Aug 23 2020 Reflection
Sunday 23 August 2020
First Reading: IS 22:19-23
Lord, your love is eternal; do not forsake the work of your hands.
PS 138:1-2, 2-3, 6, 8
Second Reading: ROM 11:33-36
Gospel Reading: MT 16:13-20
Today’s Note: Twenty-first Sunday in Ordinary Time
Jesus went into the region of Caesarea Philippi and
he asked his disciples,
“Who do people say that the Son of Man is?”
They replied, “Some say John the Baptist, others Elijah,
still others Jeremiah or one of the prophets.”
He said to them, “But who do you say that I am?”
Simon Peter said in reply,
“You are the Christ, the Son of the living God.”
Jesus said to him in reply,
“Blessed are you, Simon son of Jonah.
For flesh and blood has not revealed this to you, but my heavenly Father.
And so I say to you, you are Peter,
and upon this rock I will build my church,
and the gates of the netherworld shall not prevail against it.
I will give you the keys to the kingdom of heaven.
Whatever you bind on earth shall be bound in heaven;
and whatever you loose on earth shall be loosed in heaven.”
Then he strictly ordered his disciples
to tell no one that he was the Christ.
He shall be a father to the inhabitants of Jerusalem. (Isaiah 22:21)
Master of the palace: it was a sought-after title, and Shebna knew it.

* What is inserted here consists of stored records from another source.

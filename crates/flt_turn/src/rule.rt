//! The rule of the lock's table, and the names of its steps: draw, look, serve, split, join and count.
ghost use Rattle.std.specs.Prelude.{ℕ};
ghost use Rattle.flt_turn.specs.Order.{Orderly};
ghost use Rattle.flt_turn.specs.Plays.{draws, looks, serves_next, counts};
ghost use Rattle.flt_turn.specs.Views.{main_view, parent, child, joined_with, spent};

use crate::machine::Machine;
use crate::vault::Vault;
use crate::view::View;
use atomic_table::{Join, Play, Split, TableRule};
use std::marker::{Brand, PhantomData};
use std::snapshot::Snapshot;

/// The machine as it was passed in, and how many calls may be made.
pub struct Terms<M> {
    pub machine: Snapshot<M>,
    pub room: u32,
}

impl<M> Drop for Terms<M> {
    fn drop(self) {
        let Terms {
            machine: _,
            room: _,
        } = self;
    }
}

/// The rule.
pub struct Order<M> {
    machine: PhantomData<M>,
}

impl<M: Machine> TableRule<Option<Vault<M>>, View<M::Start, M::Op>, Terms<M>> for Order<M> {
    ghost holds = { λ terms. Orderly (M.start terms.machine.value) terms.room };

    ghost first = { λ terms. main_view (M.start terms.machine.value) terms.room };
}

/// Takes the next ticket.
pub struct Draw;

impl<M: Machine> Play<Option<Vault<M>>, View<M::Start, M::Op>> for Draw {
    ghost then = { draws };
}

/// Looks which ticket is served, and takes the vault if it is the seat's.
pub struct Look<M> {
    machine: PhantomData<M>,
}

impl<M: Machine> Play<Option<Vault<M>>, View<M::Start, M::Op>> for Look<M> {
    ghost then = { looks };
}

/// Gives the vault back, and serves the next ticket.
pub struct Serve;

impl<M: Machine> Play<Option<Vault<M>>, View<M::Start, M::Op>> for Serve {
    ghost then = { serves_next };
}

/// The number of calls that a new seat gets. Each `cut` chooses it.
pub trait Share {
    ghost calls: { ℕ };
}

impl Share for Brand {
    ghost calls = { 0 };
}

/// Splits a seat from the main seat.
pub struct Cut<J> {
    calls: PhantomData<J>,
}

impl<S, O, J: Share> Split<View<S, O>> for Cut<J> {
    ghost left = { parent J.calls };

    ghost right = { child J.calls };
}

/// Joins a seat into the main seat.
pub struct Merge<M> {
    machine: PhantomData<M>,
}

impl<M: Machine> Join<View<M::Start, M::Op>> for Merge<M> {
    ghost both = { joined_with };

    ghost spent = { spent M.some_start };
}

/// Ends a join: the main seat learns that its counts are within their types.
pub struct Count;

impl<M: Machine> Play<Option<Vault<M>>, View<M::Start, M::Op>> for Count {
    ghost then = { counts };
}
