//! What follows from the rule of a lock.
ghost use Rattle.flt_turn.specs.Laws.{FreeLockHoldsReplay};

use crate::machine::Machine;

/// At every moment at which a lock is free, the machine under it is the replay of the calls accepted so far, in their order.
pub fn free_lock_holds_replay<M: Machine>()
    ensures { FreeLockHoldsReplay M.Machine }
{}
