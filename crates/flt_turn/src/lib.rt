//! A ticket lock over a machine. Calls are served in the order of their tickets, and each has its own place in one journal.
//!
//! It depends on `atomic_table` alone: two words, the next ticket and the ticket that is served, and one slot, which holds the
//! machine and its journal. The layer above uses the contract of `Turn::call`: the reply is the machine's answer after the
//! operations before the call's place in the journal. `Turn::close` gives back the whole journal with the machine.
//! Read `specs/Seats.antt` first, which says what a seat knows of its lock, and then `docs/LOCK.md`.
#![tactic(auto)]

mod answer;
pub mod laws;
mod machine;
mod rule;
mod seat;
mod turn;
mod vault;
mod view;

pub use answer::{Answer, HistoryFull, MachineBack};
pub use machine::{Machine, Stepper};
pub use seat::Seat;
pub use turn::Turn;
pub use vault::{Entry, Vault};
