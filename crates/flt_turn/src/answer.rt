//! What the lock's calls answer.
use std::alloc::AllocError;

/// The answer to a call.
#[derive(Drop)]
pub struct Answer<R> {
    /// The place of the call in the journal, from 0.
    pub place: u32,
    /// The machine's reply there.
    pub reply: R,
}

/// The seat had no call left. Nothing was changed, and the operation is given back.
#[derive(Drop)]
pub struct HistoryFull<O> {
    pub op: O,
}

/// There was not enough memory for the lock. The machine is given back as it was.
#[derive(Drop)]
pub struct MachineBack<M> {
    pub machine: M,
}

/// Drops the machine.
impl<M: Drop> From<MachineBack<M>> for AllocError {
    fn from(_back: MachineBack<M>) -> AllocError {
        AllocError
    }
}
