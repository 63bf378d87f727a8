//! The right to call a lock.
ghost use Rattle.std.specs.Prelude.{◌≡◌, ◌+◌, length};

use crate::machine::Machine;
use crate::vault::Vault;
use crate::view::View;
use std::marker::Model;

/// Makes the calls of one lane, as many as it has left. Contracts see it as what it knows of its lock.
///
/// A seat may move to any thread. If it is dropped instead of joined, its calls are lost, and its lock can no longer be closed.
#[derive(Drop)]
pub struct Seat<M: Machine> {
    pub(crate) number: u32,
    pub(crate) left: u32,
    pub(crate) children: u32,
    pub(crate) waiting: u32,
    pub(crate) token: atomic_table::Seat<Option<Vault<M>>, View<M::Start, M::Op>>,
}

impl<M: Machine> Model for Seat<M> {
    ghost use Rattle.flt_turn.specs.Seats.{Seated, seated, FitsView};

    ghost Value = { Seated M.Start M.Op };

    ghost view = { λ s. seated s.token.table_id s.token.me.0 };

    ghost invariant = { λ s. FitsView s.token.me.0 s.token.me.1 s.number s.left s.children s.waiting };
}

impl<M: Machine> Seat<M> {
    /// 0 for the main seat. The others are counted from 1, in the order in which they were split from it.
    pub fn number(&self) -> u32
        ensures { result ≡ self.now.number }
    {
        self.number
    }

    /// The number of calls that it may still make.
    pub fn left(&self) -> u32
        ensures { result ≡ self.now.left }
    {
        self.left
    }

    /// The number of seats that were split from it.
    pub fn children(&self) -> u32
        ensures { result ≡ self.now.children }
    {
        self.children
    }

    /// The number of these that were not joined yet. The lock can be closed if it is 0.
    pub fn waiting(&self) -> u32
        ensures { result + length self.now.ended ≡ self.now.children }
    {
        self.waiting
    }
}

That title gave him far-reaching authority over the king’s household and possessions. But he abused that power by taking advantage of perks like the royal chariots and even making a beautiful carved tomb for himself (Isaiah 22:16, 18). That’s why God unseated Shebna and established Eliakim in his place. He wanted someone who would exercise that authority with fatherly concern and compassion, not self-promotion, domination, or greed. In other words, the master of the palace should imitate the way God uses his authority: to serve his people.
These words point to something important about God’s desires for his kingdom. He wants a kingdom where leaders don’t lord their authority over the people in their care. He wants them to show compassion and concern for their people (Matthew 20:25-26).
Jesus gave that type of authority to Peter. Yes, Peter received the “keys to the kingdom” and the power to bind and to loose (Matthew 16:19). But first and foremost, he was to be the rock, the solid foundation upon which the Church would be built. He would not be raised up above all his brothers and sisters; he would be beneath them to support them.
That’s the type of leadership God wants parents or anyone in authority to exercise. Godly leaders don’t put themselves first. They are not greedy for honor or power. His kingdom is a place where, instead of setting themselves up against one another, his people serve one another with love, respect, and honor.
Shebna’s story is a lesson to us, especially those times when we are tempted to take advantage of our position. Peter is a role model too when we are tempted to think leadership equates to tyranny. Let’s take their examples and learn how to be good leaders in our families, our workplaces, and our Church.
“Lord, help me to place serving above being served today.”